SharePoint 2007/WCF Services Bug: “Object reference not set to an instance of an object.”

I just finished working through an issue with one of my customers. My customer had written a WCF service to kick off some custom actions on remote SharePoint servers, but they kept getting the old, “Object reference not set to an instance of an object” error. Personally, I love this one, because it’s so easy to debug: all you have to do is figure out which object was null. And why.

Ok, that was sarcasm. And not very well done, at that. Actually, I hate this error because it’s so vague, and because at least half the time I’ve seen it, the faulting method doesn’t actually contain the code that caused the root problem. It just happens to be where everything finally blew up. And in fact, that was the case here.

So that you don’t have to keep thinking to yourself, “Would you please just get to the point!?”, I’m going to give the solution, then the cause, and then I might go a little into the process of how we got there.

The Solution

There are a few possibilities (as always):

  1. Try turning off Verbose logging. This one doesn’t seem to always work, but in certain instances it does. Apparently, if Verbose logging is turned on, SharePoint uses one of the utility methods that we found had the bug related to using StackFrame and StackTrace.
    Now, to be clear: having Verbose logging turned on will not always cause this error. So, you may in fact find that in your code, you don’t have this problem at all. And hey, lucky you! In our brief testing, having Verbose logging turned on for some categories worked fine, while others resulted in the appearance of our friend the “Object reference” error. As the saying goes, YMMV.
  2. Don’t do it. Find an alternative. I hate that this is the answer, but we actually tried option number one and initially got it to work. With further testing, however, we hit the same error again, but this time caused by a separate utility method that did basically the same thing with StackTrace and StackFrame as the first method. And that was with Verbose logging turned off.

That’s it; really. You may get it to work, and please, please, please: if you did encounter this error and still found a way to make the WCF call work (well, the instantiation, actually; we had no trouble getting the WCF call to go through), please let me know how you did it.

Here are two alternatives:

  1. Use the SharePoint 2007 web service API, which is pretty robust.
  2. Use a standard web service hosted inside a SharePoint web app.

In this customer’s case, they wanted to do some special configuration magic that would have been much more difficult without the special configuration file they’d designed. So, they opted for creating a web service hosted inside one of the SharePoint web apps (I’m not going to give too many specifics about their architecture, but the point is that this option worked.) As I said, however, the SharePoint 2007 web service API is fairly robust. With some planning, you will probably be able to accomplish everything you want just by making use of it. A quick search on Bing will locate some really helpful resources for you, but for those pressed for time J, here are some samples:

The Cause

There is a documented bug in SharePoint 2007 with one of the utility methods. The method itself seem innocuous enough: all it does is list out the stack when asked using the .NET StackTrace and StackFrame objects. Unfortunately, due to various factors—most of which I’m not privy—these .NET objects may not be instantiated.

I think (and this is just presumption, which is why I italicized those two words) that StackTrace and StackFrame being null may be related to the fact that most SharePoint 2007 .NET code is just a series of wrappers for unmanaged COM code. Thus, I’m guessing (again, notice the italics) that the StackTrace and StackFrame objects are not instantiated in all circumstances. I mean, they’re not as fundamental as, for instance, the Object class. But I digress. Plus, I’m right at the edge of what I know and what I blatantly don’t, and if I tread any further, that will become painfully obvious.

In any case, due to some strangeness in how the SharePoint classes get instantiated when called by a WCF service, the StackTrace and StackFrame objects don’t get instantiated, but a couple of SharePoint utility methods that use them do get called. And since those utility methods don’t take into account the fact that StackTrace and/or StackFrame might not have been instantiated, they call methods on the null objects, causing the “Object reference…” error to be thrown.

Other Things We Tried

  • We started by making sure the WCF call was making it to the endpoint.

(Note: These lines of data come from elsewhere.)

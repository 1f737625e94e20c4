//! The forms of leaves: a value, an argument, an operation, a site.

ghost use Rattle.std.specs.Prelude.{◌≡◌, IfOk};
ghost use Rattle.serde_json.specs.View.{view};
ghost use Rattle.mh_json.specs.TreeData.{constant_data, identity_data, operation_data, invocation_data};

use crate::values::value_json;
use crate::writer::Writer;
use mh_type::{Kind, Op, Value as Constant};
use serde_json::{Value, json};
use std::alloc::{AllocError, Global};

// Returns the form of a constant: its kind and its value.
pub(crate) fn constant_json(alloc: Global, value: &Constant) -> Result<Value, AllocError>
    ensures value { IfOk result (λ v. view v ≡ constant_data value.now) }
{
    let kind = value.kind().name();
    let value = value_json(alloc, value)?;
    json!(in alloc; ["const", kind, value])
}

// Returns the form of the identity of a kind.
pub(crate) fn identity_json(alloc: Global, kind: Kind) -> Result<Value, AllocError>
    ensures value { IfOk result (λ v. view v ≡ identity_data kind) }
{
    json!(in alloc; ["id", kind.name()])
}

// Returns the form of an operation.
pub(crate) fn operation_json(alloc: Global, op: Op) -> Result<Value, AllocError>
    ensures value { IfOk result (λ v. view v ≡ operation_data op) }
{
    json!(in alloc; ["op", op.name()])
}

impl Writer<'_> {
    // Returns the form of an invocation, with the name of its site.
    pub(crate) fn invocation(&self, site: u32) -> Result<Value, AllocError>
        ensures value { IfOk result (λ v. view v ≡ invocation_data self.now.definition.now site) }
    {
        json!(in self.alloc; ["invoke", self.site_name(site)])
    }
}
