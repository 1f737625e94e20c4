//! Totals of the gains of all links, and of a flow.

ghost use Rattle.std.specs.Prelude.{◌≡◌, ◌≤◌, ◌^◌};
ghost use Rattle.mh_network.specs.Problems.{sum_of_gains};
ghost use Rattle.mh_network.specs.Selection.{value_of};
ghost use Rattle.mh_network.specs.Limits.{greatest_sum};

use crate::problem::Problem;

/// Returns the sum of the gains of all links of a problem, at most 2^62. O(links).
pub fn all_gains(problem: &Problem) -> u64
    ensures value { result ≡ sum_of_gains problem.now }
    ensures small { result ≤ greatest_sum }
{
    let mut sum: u64 = 0;
    for link in 0..problem.links() {
        sum += problem.gain(link);
    }
    sum
}

/// Returns the value of a flow with these rows and charges, whatever they are: the sum never wraps.
/// A flow of a problem has at most the value 2^62. O(rows).
pub fn carried(flow: &[(u32, u32, u64)], charges: &[(u32, u64)]) -> u128
    ensures value { result ≡ value_of flow.now charges.now }
{
    let mut sum: u128 = 0;
    for row in flow {
        sum += u128::from(row.2);
    }
    for charge in charges {
        sum += u128::from(charge.1);
    }
    sum
}
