//! Values, kinds and places as JSON.

ghost use Rattle.std.specs.Prelude.{◌≡◌, IfOk};
ghost use Rattle.serde_json.specs.View.{view};
ghost use Rattle.mh_json.specs.ValueData.{value_data, values_data, kinds_data, places_data};

use mh_type::{Kind, Value as Constant};
use serde_json::Value;
use std::alloc::{AllocError, Global};

/// Returns a value as a number, `true` or `false`, or a string.
pub(crate) fn value_json(alloc: Global, value: &Constant) -> Result<Value, AllocError>
    ensures value { IfOk result (λ v. view v ≡ value_data value.now) }
{
    match value {
        Constant::Int(number) => Ok(Value::from(*number)),
        Constant::Long(number) => Ok(Value::from(*number)),
        Constant::Boolean(truth) => Ok(Value::from(*truth)),
        Constant::Text(text) => Value::try_from_str(alloc, text.as_str()),
    }
}

/// Returns a JSON array of values.
pub(crate) fn values_json(alloc: Global, values: &[Constant]) -> Result<Value, AllocError>
    ensures value { IfOk result (λ v. view v ≡ values_data values.now) }
{
    let mut list = Vec::new(alloc);
    for value in values {
        list.push(value_json(alloc, value)?)?;
    }
    Ok(Value::Array(list))
}

/// Returns a JSON array of the names of kinds.
pub(crate) fn kinds_json(alloc: Global, kinds: &[Kind]) -> Result<Value, AllocError>
    ensures value { IfOk result (λ v. view v ≡ kinds_data kinds.now) }
{
    let mut list = Vec::new(alloc);
    for kind in kinds {
        list.push(Value::try_from_str(alloc, kind.name())?)?;
    }
    Ok(Value::Array(list))
}

/// Returns a JSON array of indices of parameters.
pub(crate) fn places_json(alloc: Global, places: &[usize]) -> Result<Value, AllocError>
    ensures value { IfOk result (λ v. view v ≡ places_data places.now) }
{
    let mut list = Vec::new(alloc);
    for place in places {
        list.push(Value::from(*place))?;
    }
    Ok(Value::Array(list))
}
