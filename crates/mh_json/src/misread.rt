//! Why a part of an input could not be read, and its place.
ghost use Rattle.std.specs.Prelude.{◌≡◌, ◌⊎◌, ◌∷◌, Some, Result, IfOk};
ghost use Rattle.mh_json.specs.Misreads.{path_of, MisreadData, here, behind, err_of, under};
ghost use Rattle.mh_json.specs.declared.fault.InputFault.TheVariants.{BadShape, BadValue, NoMemory as out_of_memory};
ghost use Rattle.mh_json.specs.Gives.{Gives};

use crate::fault::{Fault, InputFault};
use crate::json::wanted::Wanted;
use crate::key::Key;
use mh_core::NoMemory;
use mh_network::ProblemFault;
use mh_tree::TreeFault;
use mh_type::TypeFault;
use std::alloc::{AllocError, AllocFailed, Global};
use std::marker::Model;

/// The first fault of an input in the order of reading, and the part that has it.
#[derive(Debug, Drop)]
pub struct Misread {
    fault: InputFault,
    /// The keys that lead to the part, the innermost first. Empty for the whole input.
    keys: Option<Vec<Key>>,
    wanted: Wanted,
}

impl Model for Misread {
    ghost use Rattle.mh_json.specs.Misreads.{MisreadData};

    ghost Value = { MisreadData };

    ghost use Rattle.mh_json.specs.Misreads.{misread_data};

    ghost view = { misread_data };
}

impl Misread {
    /// Makes a fault of the part as a whole.
    pub fn of(fault: InputFault) -> Misread
        ensures value { result ≡ here fault }
    {
        Misread::wanting(fault, Wanted::Nothing)
    }

    /// Makes a fault of the part as a whole, for which this form was expected.
    pub(crate) fn wanting(fault: InputFault, wanted: Wanted) -> Misread
        ensures value { result ≡ here fault }
    {
        Misread {
            fault,
            keys: None,
            wanted,
        }
    }

    /// Makes the fault of a part that does not have the expected form.
    pub(crate) fn bad_shape(wanted: Wanted) -> Misread
        ensures value { result ≡ here BadShape }
    {
        Misread::wanting(InputFault::BadShape, wanted)
    }

    /// Returns the fault.
    pub fn fault(&self) -> InputFault
        ensures value { result ≡ self.now.fault }
    {
        self.fault
    }

    /// Makes the fault of a value that does not have the expected kind.
    pub(crate) fn bad_value(wanted: Wanted) -> Misread
        ensures value { result ≡ here BadValue }
    {
        Misread::wanting(InputFault::BadValue, wanted)
    }

    /// Returns the expected form of the part, as far as it is known. It is for messages only.
    pub fn wanted(&self) -> Wanted {
        self.wanted
    }

    /// Returns the keys that lead to the part, the outermost first.
    pub fn into_path(self, alloc: Global) -> Vec<Key>
        ensures value { result.items ≡ self.path }
    {
        let mut keys = self.keys.unwrap_or_else(|| Vec::new(alloc));
        keys.reverse();
        keys
    }

    /// Returns the fault with a further key, that of the part in the value that contains it.
    pub(crate) fn behind(self, alloc: Global, key: Key) -> Misread
        ensures value { (result.fault ≡ out_of_memory) ⊎ (result ≡ behind key self) }
    {
        let Misread {
            fault,
            keys,
            wanted,
        } = self;
        match longer(alloc, keys, key) {
            Ok(keys) => Misread {
                fault,
                keys: Some(keys),
                wanted,
            },
            Err(_) => Misread::of(InputFault::NoMemory),
        }
    }
}

/// Returns the keys with one more appended.
fn longer(alloc: Global, keys: Option<Vec<Key>>, key: Key) -> Result<Vec<Key>, AllocError>
    ensures value { IfOk result (λ longer. path_of (Some longer) ≡ key ∷ path_of keys) }
{
    let mut longer = keys.unwrap_or_else(|| Vec::new(alloc));
    longer.push(key)?;
    Ok(longer)
}

/// Returns the result of reading the member at a key. A fault gets the key.
pub(crate) fn at<T: Drop>(alloc: Global, key: Key, read: Result<T, Misread>) -> Result<T, Misread>
    ensures value { (f : Result T MisreadData) → Gives (λ x. x) read f
        → Gives (λ x. x) result (under key f) }
{
    match read {
        Ok(value) => Ok(value),
        Err(misread) => Err(misread.behind(alloc, key)),
    }
}

/// Returns the fault of a reading, or `None` if it has none.
pub(crate) fn misread_of<T: Drop>(read: Result<T, Misread>) -> Result<Option<Misread>, NoMemory>
    ensures value { (f : Result T MisreadData) → Gives (λ x. x) read f
        → IfOk result (λ found. found ≡ err_of f) }
{
    match read {
        Ok(_) => Ok(None),
        Err(misread) => {
            if let InputFault::NoMemory = misread.fault() {
                return Err(NoMemory);
            }
            Ok(Some(misread))
        }
    }
}

impl From<InputFault> for Misread {
    ghost use Rattle.std.specs.Prelude.{◌≡◌};
    ghost use Rattle.mh_json.specs.Misreads.{here};

    ghost from_gives = { λ cause e. e ≡ here cause };

    fn from(cause: InputFault) -> Misread {
        Misread::of(cause)
    }
}

impl From<AllocError> for Misread {
    ghost use Rattle.std.specs.Prelude.{◌≡◌};
    ghost use Rattle.mh_json.specs.declared.fault.InputFault.TheVariants.{NoMemory};

    ghost from_gives = { λ _ e. e.fault ≡ NoMemory };

    fn from(_e: AllocError) -> Misread {
        Misread::of(InputFault::NoMemory)
    }
}

impl<T: Drop> From<AllocFailed<T>> for Misread {
    ghost use Rattle.std.specs.Prelude.{◌≡◌};
    ghost use Rattle.mh_json.specs.declared.fault.InputFault.TheVariants.{NoMemory};

    ghost from_gives = { λ _ e. e.fault ≡ NoMemory };

    fn from(_e: AllocFailed<T>) -> Misread {
        Misread::of(InputFault::NoMemory)
    }
}

impl From<NoMemory> for Misread {
    ghost use Rattle.std.specs.Prelude.{◌≡◌};
    ghost use Rattle.mh_json.specs.declared.fault.InputFault.TheVariants.{NoMemory};

    ghost from_gives = { λ _ e. e.fault ≡ NoMemory };

    fn from(_e: NoMemory) -> Misread {
        Misread::of(InputFault::NoMemory)
    }
}

impl From<TreeFault> for Misread {
    ghost use Rattle.std.specs.Prelude.{◌≡◌};
    ghost use Rattle.mh_json.specs.Gives.{of_tree};
    ghost use Rattle.mh_json.specs.Misreads.{here};

    ghost from_gives = { λ cause e. e ≡ here (of_tree cause) };

    fn from(cause: TreeFault) -> Misread {
        Misread::of(InputFault::from(cause))
    }
}

impl From<TypeFault> for Misread {
    ghost use Rattle.std.specs.Prelude.{◌≡◌};
    ghost use Rattle.mh_json.specs.Gives.{of_type};
    ghost use Rattle.mh_json.specs.Misreads.{here};

    ghost from_gives = { λ cause e. e ≡ here (of_type cause) };

    fn from(cause: TypeFault) -> Misread {
        Misread::of(InputFault::from(cause))
    }
}

impl From<ProblemFault> for Misread {
    ghost use Rattle.std.specs.Prelude.{◌≡◌};
    ghost use Rattle.mh_json.specs.Gives.{of_problem};
    ghost use Rattle.mh_json.specs.Misreads.{here};

    ghost from_gives = { λ cause e. e ≡ here (of_problem cause) };

    fn from(cause: ProblemFault) -> Misread {
        Misread::of(InputFault::from(cause))
    }
}

impl From<Misread> for Fault {
    ghost use Rattle.std.specs.Prelude.{◌≡◌};
    ghost use Rattle.mh_json.specs.declared.fault.TextFault.TheVariants.{Input};

    ghost from_gives = { λ misread e. e ≡ record { kind = Input misread.fault; at = 0 } };

    fn from(misread: Misread) -> Fault {
        Fault::from(misread.fault())
    }
}
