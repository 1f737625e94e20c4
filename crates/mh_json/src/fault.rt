//! Why an input could not be read, or output not be written.
ghost use Rattle.std.specs.Prelude.{◌≡◌};
ghost use Rattle.mh_json.specs.declared.fault.TextFault.TheVariants as text;
ghost use Rattle.mh_json.specs.Faults.{is_nowhere};
ghost use Rattle.mh_json.specs.Gives.{of_tree, of_type, of_definition, of_problem, no_memory};

use mh_core::NoMemory;
use mh_network::ProblemFault;
use mh_site::DefinitionFault;
use mh_tree::TreeFault;
use mh_type::TypeFault;
use std::alloc::{AllocError, AllocFailed};
use std::error::Error;
use std::fmt;

/// A fault of an input, or lack of memory.
#[derive(Clone, Copy, Debug, PartialEq, Eq)]
pub enum InputFault {
    /// Memory ran out.
    NoMemory,
    /// The input has more than 1,048,576 bytes.
    TooLong,
    /// The input is not JSON.
    NotJson,
    /// A part is missing, has another form or another length, or is out of range.
    BadShape,
    /// A value is not an int, a long, a boolean or a text.
    BadValue,
    /// A tree refers to a shared tree that is not declared earlier.
    UnknownShared,
    /// A constructor of trees failed.
    Tree(TreeFault),
    /// The definition is not lawful.
    Definition(DefinitionFault),
    /// The links and costs do not make a problem.
    Problem(ProblemFault),
    /// A text is not a method type.
    BadType(TypeFault),
    /// A tree invokes a site that is not declared earlier.
    UnknownSite,
    /// A link of a profile needs a point that no earlier line declares.
    UnknownPoint,
    /// A point of a profile has the name of an earlier point.
    PointTwice,
    /// A link of a profile names a need twice.
    NeedTwice,
}

impl fmt::Display for InputFault {
    ghost use Rattle.mh_json.specs.Faults.{input_text};
    ghost use Rattle.std.specs.Prelude.{Some};

    ghost output = { λ kind. Some (input_text kind) };

    fn fmt<W: fmt::Write>(&self, f: &mut fmt::Formatter<W>) -> fmt::Result {
        match self {
            InputFault::NoMemory => write!(f, "1 NoMemory"),
            InputFault::TooLong => write!(f, "2 TooLong"),
            InputFault::NotJson => write!(f, "3 NotJson"),
            InputFault::BadShape => write!(f, "4 BadShape"),
            InputFault::BadValue => write!(f, "5 BadValue"),
            InputFault::UnknownShared => write!(f, "6 UnknownShared"),
            InputFault::Tree(cause) => write!(f, "7 Tree {}", cause.number()),
            InputFault::Definition(cause) => write!(f, "8 Definition {}", cause.number()),
            InputFault::Problem(cause) => write!(f, "9 Problem {}", cause.number()),
            InputFault::BadType(cause) => write!(f, "12 BadType {}", cause.number()),
            InputFault::UnknownSite => write!(f, "13 UnknownSite"),
            InputFault::UnknownPoint => write!(f, "14 UnknownPoint"),
            InputFault::PointTwice => write!(f, "15 PointTwice"),
            InputFault::NeedTwice => write!(f, "16 NeedTwice"),
        }
    }
}

impl Error for InputFault {}

impl From<AllocError> for InputFault {
    ghost use Rattle.std.specs.Prelude.{◌≡◌};
    ghost use Rattle.mh_json.specs.declared.fault.InputFault.TheVariants.{NoMemory};

    ghost from_gives = { λ _ e. e ≡ NoMemory };

    fn from(_e: AllocError) -> InputFault {
        InputFault::NoMemory
    }
}

impl<T: Drop> From<AllocFailed<T>> for InputFault {
    ghost use Rattle.std.specs.Prelude.{◌≡◌};
    ghost use Rattle.mh_json.specs.declared.fault.InputFault.TheVariants.{NoMemory};

    ghost from_gives = { λ _ e. e ≡ NoMemory };

    fn from(_e: AllocFailed<T>) -> InputFault {
        InputFault::NoMemory
    }
}

impl From<NoMemory> for InputFault {
    ghost use Rattle.std.specs.Prelude.{◌≡◌};
    ghost use Rattle.mh_json.specs.declared.fault.InputFault.TheVariants.{NoMemory};

    ghost from_gives = { λ _ e. e ≡ NoMemory };

    fn from(_e: NoMemory) -> InputFault {
        InputFault::NoMemory
    }
}

impl From<TreeFault> for InputFault {
    ghost from_gives = { λ cause e. e ≡ of_tree cause };

    fn from(cause: TreeFault) -> InputFault {
        match cause {
            TreeFault::NoMemory => InputFault::NoMemory,
            _ => InputFault::Tree(cause),
        }
    }
}

impl From<DefinitionFault> for InputFault {
    ghost from_gives = { λ cause e. e ≡ of_definition cause };

    fn from(cause: DefinitionFault) -> InputFault {
        match cause {
            DefinitionFault::NoMemory => InputFault::NoMemory,
            _ => InputFault::Definition(cause),
        }
    }
}

impl From<ProblemFault> for InputFault {
    ghost from_gives = { λ cause e. e ≡ of_problem cause };

    fn from(cause: ProblemFault) -> InputFault {
        match cause {
            ProblemFault::NoMemory => InputFault::NoMemory,
            _ => InputFault::Problem(cause),
        }
    }
}

impl From<TypeFault> for InputFault {
    ghost from_gives = { λ cause e. e ≡ of_type cause };

    fn from(cause: TypeFault) -> InputFault {
        match cause {
            TypeFault::NoMemory => InputFault::NoMemory,
            _ => InputFault::BadType(cause),
        }
    }
}

/// Why a run ended early: a fault of the input, memory that ran out, or a fault of a stream.
#[derive(Clone, Copy, Debug, PartialEq, Eq)]
pub enum TextFault {
    /// The input has a fault, or memory ran out.
    Input(InputFault),
    /// A read failed.
    ReadFailed,
    /// A write or a flush failed, or a write accepted no byte.
    WriteFailed,
    /// No more readers of a published world can be made. This is not a fault of an input, and has
    /// no number.
    NoReader,
}

impl TextFault {
    /// Returns whether the fault is not of an event or a part of an input.
    fn is_nowhere(self) -> bool
        ensures value { result ≡ is_nowhere self }
    {
        matches!(self, TextFault::NoReader)
    }
}

impl fmt::Display for TextFault {
    ghost use Rattle.mh_json.specs.Faults.{kind_text};
    ghost use Rattle.std.specs.Prelude.{Some};

    ghost output = { λ kind. Some (kind_text kind) };

    fn fmt<W: fmt::Write>(&self, f: &mut fmt::Formatter<W>) -> fmt::Result {
        match self {
            TextFault::Input(cause) => write!(f, "{cause}"),
            TextFault::ReadFailed => write!(f, "10 ReadFailed"),
            TextFault::WriteFailed => write!(f, "11 WriteFailed"),
            TextFault::NoReader => write!(f, "NoReader"),
        }
    }
}

impl Error for TextFault {}

impl From<InputFault> for TextFault {
    ghost from_gives = { λ cause e. e ≡ text.Input cause };

    fn from(cause: InputFault) -> TextFault {
        TextFault::Input(cause)
    }
}

impl From<AllocError> for TextFault {
    ghost from_gives = { λ _ e. e ≡ no_memory };

    fn from(_e: AllocError) -> TextFault {
        TextFault::Input(InputFault::NoMemory)
    }
}

/// A fault, with the number of its event or, in a profile, of its line, counted from 1; 0 outside
/// of these.
#[derive(Clone, Copy, Debug, PartialEq, Eq)]
pub struct Fault {
    pub kind: TextFault,
    pub at: u64,
}

impl fmt::Display for Fault {
    ghost use Rattle.mh_json.specs.Faults.{fault_text};
    ghost use Rattle.std.specs.Prelude.{Some};

    ghost output = { λ fault. Some (fault_text fault) };

    fn fmt<W: fmt::Write>(&self, f: &mut fmt::Formatter<W>) -> fmt::Result {
        if self.kind.is_nowhere() {
            write!(f, "fault {}", self.kind)
        } else {
            write!(f, "fault {} at {}", self.kind, self.at)
        }
    }
}

impl Error for Fault {}

impl From<TextFault> for Fault {
    ghost from_gives = { λ kind e. e ≡ record { kind = kind; at = 0 } };

    fn from(kind: TextFault) -> Fault {
        Fault { kind, at: 0 }
    }
}

impl From<InputFault> for Fault {
    ghost from_gives = { λ cause e. e ≡ record { kind = text.Input cause; at = 0 } };

    fn from(cause: InputFault) -> Fault {
        Fault {
            kind: TextFault::from(cause),
            at: 0,
        }
    }
}

impl From<AllocError> for Fault {
    ghost from_gives = { λ _ e. e ≡ record { kind = no_memory; at = 0 } };

    fn from(_e: AllocError) -> Fault {
        Fault {
            kind: TextFault::Input(InputFault::NoMemory),
            at: 0,
        }
    }
}

impl From<NoMemory> for Fault {
    ghost from_gives = { λ _ e. e ≡ record { kind = no_memory; at = 0 } };

    fn from(_e: NoMemory) -> Fault {
        Fault {
            kind: TextFault::Input(InputFault::NoMemory),
            at: 0,
        }
    }
}
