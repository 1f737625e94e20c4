//! The readers of parts of an input for other crates.
//!
//! Each returns the result of its part's specification for the same value: the part, or the first
//! fault in the order of reading with its place. Any of them may fail with `NoMemory`.
pub use crate::json::claim::Claim;
pub use crate::json::declarations::Declarations;
pub use crate::json::plan::{read_plan_at, read_plan_value};
pub use crate::json::points::{point_names, read_points};
pub use crate::json::problem::{ProblemRows, read_problem_at, read_rows};
pub use crate::json::scope::{Scope, Shared};
pub use crate::json::script::{read_definition, read_script_value};
pub use crate::json::shape::{count, each, list, member, part, place, text};
pub use crate::json::shared::{read_shared, read_shared_trees};
pub use crate::json::sites::{Sited, read_site, read_site_list};
pub use crate::json::trees::{read_declared, read_filter_or_none, read_tree};
pub use crate::json::values::{read_type, read_value};
pub use crate::json::versions::{most_links, read_version};
pub use crate::json::{parse_json, read_json};
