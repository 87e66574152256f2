// A controller's record of its round.
ghost use Rattle.std.specs.Prelude.{◌≡◌, ◌<◌, ◌≤◌};
ghost use Rattle.nodes.specs.Words.{num, places};
ghost use Rattle.nodes.specs.Sets.{with};
ghost use Rattle.records.specs.Records.{state_of, blank_of, had_of, mark_of, in_round, strange_set, strange_record};

use crate::causes::Cause;
use crate::messages::Kind;
use crate::rounds::{LAST, ahead};
use nodes::{Node, Round, Set};

// The round; whether the node is called in it and free in it, and through whom; and whose NOTIFY, GRANT, ACK and DONE it
// has had.
#[derive(Clone, Copy, Debug, PartialEq, Eq)]
pub struct Record {
    pub round: Round,
    pub call: Cause,
    pub freed: Cause,
    pub notify: Set,
    pub grant: Set,
    pub ack: Set,
    pub done: Set,
}

impl Record {
    pub fn blank(round: Round) -> Record
        ensures { state_of result ≡ blank_of round.0 }
    {
        let nobody = Set::empty();
        Record {
            round,
            call: Cause(0),
            freed: Cause(0),
            notify: nobody,
            grant: nobody,
            ack: nobody,
            done: nobody,
        }
    }

    // The record as it stands in a round: blank if it has not come there yet.
    #[tactic(auto, unfolding(crate::specs::Records::in_round))]
    pub fn in_round(self, round: Round) -> Record
        ensures { state_of result ≡ in_round round.0 (state_of self) }
    {
        if ahead(round, self.round) {
            return Record::blank(round);
        }
        self
    }

    // Whose messages of a kind the node has had.
    pub fn had(self, kind: Kind) -> Set
        ensures { num result ≡ had_of kind (state_of self) }
    {
        match kind {
            Kind::Notify => self.notify,
            Kind::Grant => self.grant,
            Kind::Ack => self.ack,
            Kind::Done => self.done,
        }
    }

    // The record with one more sender had.
    pub fn mark(self, kind: Kind, from: Node) -> Record
        requires { from.0 < places }
        ensures { state_of result ≡ mark_of kind from.0 (state_of self) }
    {
        let more = self.had(kind).with(from);
        match kind {
            Kind::Notify => Record {
                notify: more,
                ..self
            },
            Kind::Grant => Record {
                grant: more,
                ..self
            },
            Kind::Ack => Record { ack: more, ..self },
            Kind::Done => Record { done: more, ..self },
        }
    }

    // Number 13, of a record.
    #[tactic(auto, unfolding(crate::specs::Records::strange_record))]
    pub fn strange(self, nodes: usize) -> bool
        ensures { result ≡ strange_record nodes (state_of self) }
    {
        let all = self
            .notify
            .union(self.grant.union(self.ack.union(self.done)));
        LAST < self.round.0
            || self.call.strange(nodes)
            || self.freed.strange(nodes)
            || strange_set(nodes, all)
    }
}

// Whether a set names a node that isn't there.
#[tactic(auto, unfolding(crate::specs::Records::strange_set))]
pub fn strange_set(nodes: usize, s: Set) -> bool
    ensures { result ≡ strange_set nodes (num s) }
{
    !s.among(nodes)
}
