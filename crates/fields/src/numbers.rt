// A piece of text that is one number.
ghost use Rattle.std.specs.Prelude.{◌≡◌};
ghost use Rattle.format.specs.Fields.{number_of};
ghost use Rattle.fields.specs.Answers.{numbered};

use text::grown;

// The number that a piece of text is. One that would grow past 64 bits is given up at once, so zeros in front cost nothing.
pub fn number_in(w: &[u8]) -> Option<u64>
    ensures { result ≡ numbered (number_of w.now) }
{
    if w.is_empty() {
        return None;
    }
    let mut v: u64 = 0;
    for &b in w {
        v = grown(v, b)?;
    }
    Some(v)
}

Once we established that, we knew we would/should be able to rule that piece out. Besides, the error was happening in the SharePoint code, after a considerable amount of other code had already been called and run.
  • We noticed that the HttpContext and SPContext objects were null, and thought that might have something to do with it. We created context manually by creating an HttpRequest.
  • Since the error was happening inside custom feature-related code, we tried adjusting the settings to not activate any features. We still got the error, but now we could see it actually happening in the SharePoint utility class. This was almost more confusing, since our first thought was, “That doesn’t make any sense—it’s just a method in a utility class that displays StackTrace information. I guess the lesson here is not to overlook what’s right in front of you.

One of the oddest things was that we initially didn’t find any mention of this bug on the web. Actually, my customer was the one that found a brief mention of turning off Verbose logging while searching archived forum postings. This led us to search our internal bug database, where we found the SharePoint bug documented.

And just in case you’re hoping this might be fixed in SharePoint 2007, I’ll let you know that this particular bug was marked, “Postponed”. On the plus side, it is confirmed as fixed in SharePoint 2010.